··· RAW DATA ···

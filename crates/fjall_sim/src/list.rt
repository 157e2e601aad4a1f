//! The calls that lines make, and how the reply to each line is worded.

use fjall_calls::{Call, JobId, Kind, Ticket, TxCall, Within};
use fjall_recorder::{Parsed, number, size};
use std::alloc::Global;

/// How the reply to a line is worded.
#[derive(Clone, Copy)]
pub enum Wording {
    Plain,
    Keyspace,
    Snapshot,
    /// The core's own number of a snapshot.
    TicketId,
    /// The same, with the instant at which it reads.
    Ticket,
    Begin,
    Commit,
    Watermark,
    /// How many pairs there are.
    Len,
    /// The keys alone, one behind another.
    Keys,
    /// Whether a job was begun, which is let go.
    Begun,
    /// So many calls: what earlier lines left of a job is finished, and another is begun and finished.
    Job(usize),
    /// So many calls that are told as one.
    Many(usize),
    /// The end of a life, which was closed or not.
    End,
}

impl Wording {
    /// How many calls the line makes.
    pub fn calls(self) -> usize {
        match self {
            Wording::Job(count) | Wording::Many(count) => count,
            _ => 1,
        }
    }

    /// Whether the line gets a number.
    pub fn is_numbered(self) -> bool {
        matches!(
            self,
            Wording::Snapshot | Wording::TicketId | Wording::Ticket | Wording::Begin
        )
    }
}

/// A job that a line begins.
#[derive(Clone, Copy, PartialEq, Eq)]
pub enum Work {
    Flush,
    /// A merge that is due.
    DueMerge,
    /// A merge of all tables.
    MajorMerge,
}

impl Work {
    fn is_merge(self) -> bool {
        matches!(self, Work::DueMerge | Work::MajorMerge)
    }

    fn begin(self, id: u64) -> Call {
        match self {
            Work::Flush => Call::FlushBegin(id),
            Work::DueMerge => Call::MergeBegin(id),
            Work::MajorMerge => Call::MajorBegin(id),
        }
    }

    fn finish(self, job: JobId) -> Call {
        match self {
            Work::Flush => Call::FlushFinish(job),
            Work::DueMerge | Work::MajorMerge => Call::MergeFinish(job),
        }
    }
}

/// A job that a call of the list begins, which has this place.
#[derive(Clone, Copy)]
struct BegunJob {
    keyspace_id: u64,
    is_merge: bool,
    place: u64,
    // whether the line that begins it finishes it too
    is_whole: bool,
}

/// The calls that lines make.
#[derive(Drop)]
pub struct List {
    pub alloc: Global,
    pub calls: Vec<TxCall>,
    /// The places of the calls whose lines have numbers.
    pub places: Vec<u64>,
    /// How many lines before the list have numbers.
    pub earlier: usize,
    /// Whether they are those of a life, which hasn't ended.
    pub is_life: bool,
    begun: Vec<BegunJob>,
}

impl List {
    /// A list without calls, behind so many lines with numbers.
    pub fn new(alloc: Global, earlier: usize) -> List {
        List {
            alloc,
            calls: Vec::new(alloc),
            places: Vec::new(alloc),
            earlier,
            is_life: false,
            begun: Vec::new(alloc),
        }
    }

    /// Whether a word is the number of a line before the list.
    pub fn is_earlier(&self, word: &str) -> bool {
        match size(word) {
            Ok(at) => 0 < at && at <= self.earlier,
            Err(_) => false,
        }
    }

    // The place that a word names: `@P` as it stands, `T` that of the line of that number.
    fn place(&self, word: &str) -> Parsed<u64> {
        if let Some(place) = word.strip_prefix('@') {
            return number(place);
        }
        let at = size(word)?.saturating_sub(self.earlier).wrapping_sub(1);
        Ok(self.places.get(at).copied().unwrap_or(u64::MAX))
    }

    /// The ticket that a word names.
    pub fn ticket(&self, word: &str) -> Parsed<Ticket> {
        Ok(Ticket::of_call(self.place(word)?))
    }

    // The job that was begun last of a keyspace, or that of a place.
    fn job(&self, word: &str, is_merge: bool) -> Parsed<JobId> {
        if let Some(place) = word.strip_prefix('@') {
            return Ok(JobId::of_call(number(place)?));
        }
        let keyspace_id = number(word)?;
        let mut place = u64::MAX;
        for begun in &self.begun {
            if begun.keyspace_id == keyspace_id && begun.is_merge == is_merge {
                place = begun.place;
            }
        }
        Ok(JobId::of_call(place))
    }
}

// Lines add their calls.
impl List {
    /// Adds a call.
    pub fn add(&mut self, wording: Wording, call: TxCall) -> Parsed<Wording> {
        self.calls.push(call)?;
        Ok(wording)
    }

    /// Adds a call of the core, and how it is worded.
    pub fn told(&mut self, wording: Wording, call: Call) -> Parsed<Wording> {
        self.add(wording, TxCall::Core(call))
    }

    /// Adds a call of the core.
    pub fn plain(&mut self, call: Call) -> Parsed<Wording> {
        self.add(Wording::Plain, TxCall::Core(call))
    }

    /// Adds a call within the transaction that a word names.
    pub fn within(&mut self, word: &str, call: Within) -> Parsed<Wording> {
        let place = self.place(word)?;
        self.add(Wording::Plain, TxCall::Within(place, call))
    }

    /// Adds the commit of the transaction that a word names.
    pub fn commit(&mut self, kind: Kind, word: &str) -> Parsed<Wording> {
        let place = self.place(word)?;
        self.add(Wording::Commit, TxCall::Commit(kind, place))
    }

    /// Adds the rollback of the transaction that a word names.
    pub fn roll_back(&mut self, word: &str) -> Parsed<Wording> {
        let place = self.place(word)?;
        self.add(Wording::Plain, TxCall::Rollback(place))
    }

    // Adds a call that begins a job.
    fn begin(&mut self, keyspace_id: u64, work: Work, is_whole: bool) -> Parsed<Wording> {
        let begun = BegunJob {
            keyspace_id,
            is_merge: work.is_merge(),
            place: self.calls.len() as u64,
            is_whole,
        };
        self.begun.push(begun)?;
        self.plain(work.begin(keyspace_id))
    }

    /// Adds a call that begins a job of the keyspace of an id.
    pub fn begin_job(&mut self, id: &str, work: Work) -> Parsed<Wording> {
        self.begin(number(id)?, work, false)
    }

    /// Adds a call that begins a job which nothing finishes.
    pub fn lose_job(&mut self, id: &str, work: Work) -> Parsed<Wording> {
        self.told(Wording::Begun, work.begin(number(id)?))
    }

    /// Adds the finish of the job that a word names.
    pub fn finish_job(&mut self, word: &str, work: Work) -> Parsed<Wording> {
        let job = self.job(word, work.is_merge())?;
        self.plain(work.finish(job))
    }

    // The places of the calls that began what earlier lines may have left of a job.
    fn left(&self, keyspace_id: u64, work: Work) -> Parsed<Vec<u64>> {
        let mut places = Vec::new(self.alloc);
        for begun in &self.begun {
            if begun.is_whole
                && begun.keyspace_id == keyspace_id
                && begun.is_merge == work.is_merge()
            {
                places.push(begun.place)?;
            }
        }
        Ok(places)
    }

    /// Adds a job that is begun and finished. What earlier lines left of it is finished first.
    pub fn whole_job(&mut self, id: &str, work: Work) -> Parsed<Wording> {
        let keyspace_id = number(id)?;
        let before = self.calls.len();
        for place in self.left(keyspace_id, work)? {
            self.plain(work.finish(JobId::of_call(place)))?;
        }
        self.begin(keyspace_id, work, true)?;
        self.finish_job(id, work)?;
        Ok(Wording::Job(self.calls.len().saturating_sub(before)))
    }

    /// Adds what a line asks for; where it isn't done, the list is as it was.
    pub fn take(&mut self, words: &[&str]) -> Parsed<Wording> {
        let (calls, begun) = (self.calls.len(), self.begun.len());
        let taken = numbered(self, words);
        if taken.is_err() {
            self.calls.truncate(calls);
            self.begun.truncate(begun);
        }
        taken
    }
}

// Adds what a line asks for, and its number where it gets one.
fn numbered(list: &mut List, words: &[&str]) -> Parsed<Wording> {
    let place = list.calls.len() as u64;
    let wording = crate::calls::add_line(list, words)?;
    if wording.is_numbered() {
        list.places.push(place)?;
    }
    Ok(wording)
}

···

• _DESCRIPTION OF THE TASK_: From the records above, give again exactly the lines running from the line with "lines with numbers." to the line with "it is worded.", inclusive.

• _RESPONSE TO THIS EXERCISE_:
    /// A list without calls, behind so many lines with numbers.
    pub fn new(alloc: Global, earlier: usize) -> List {
        List {
            alloc,
            calls: Vec::new(alloc),
            places: Vec::new(alloc),
            earlier,
            is_life: false,
            begun: Vec::new(alloc),
        }
    }

    /// Whether a word is the number of a line before the list.
    pub fn is_earlier(&self, word: &str) -> bool {
        match size(word) {
            Ok(at) => 0 < at && at <= self.earlier,
            Err(_) => false,
        }
    }

    // The place that a word names: `@P` as it stands, `T` that of the line of that number.
    fn place(&self, word: &str) -> Parsed<u64> {
        if let Some(place) = word.strip_prefix('@') {
            return number(place);
        }
        let at = size(word)?.saturating_sub(self.earlier).wrapping_sub(1);
        Ok(self.places.get(at).copied().unwrap_or(u64::MAX))
    }

    /// The ticket that a word names.
    pub fn ticket(&self, word: &str) -> Parsed<Ticket> {
        Ok(Ticket::of_call(self.place(word)?))
    }

    // The job that was begun last of a keyspace, or that of a place.
    fn job(&self, word: &str, is_merge: bool) -> Parsed<JobId> {
        if let Some(place) = word.strip_prefix('@') {
            return Ok(JobId::of_call(number(place)?));
        }
        let keyspace_id = number(word)?;
        let mut place = u64::MAX;
        for begun in &self.begun {
            if begun.keyspace_id == keyspace_id && begun.is_merge == is_merge {
                place = begun.place;
            }
        }
        Ok(JobId::of_call(place))
    }
}

// Lines add their calls.
impl List {
    /// Adds a call.
    pub fn add(&mut self, wording: Wording, call: TxCall) -> Parsed<Wording> {
        self.calls.push(call)?;
        Ok(wording)
    }

    /// Adds a call of the core, and how it is worded.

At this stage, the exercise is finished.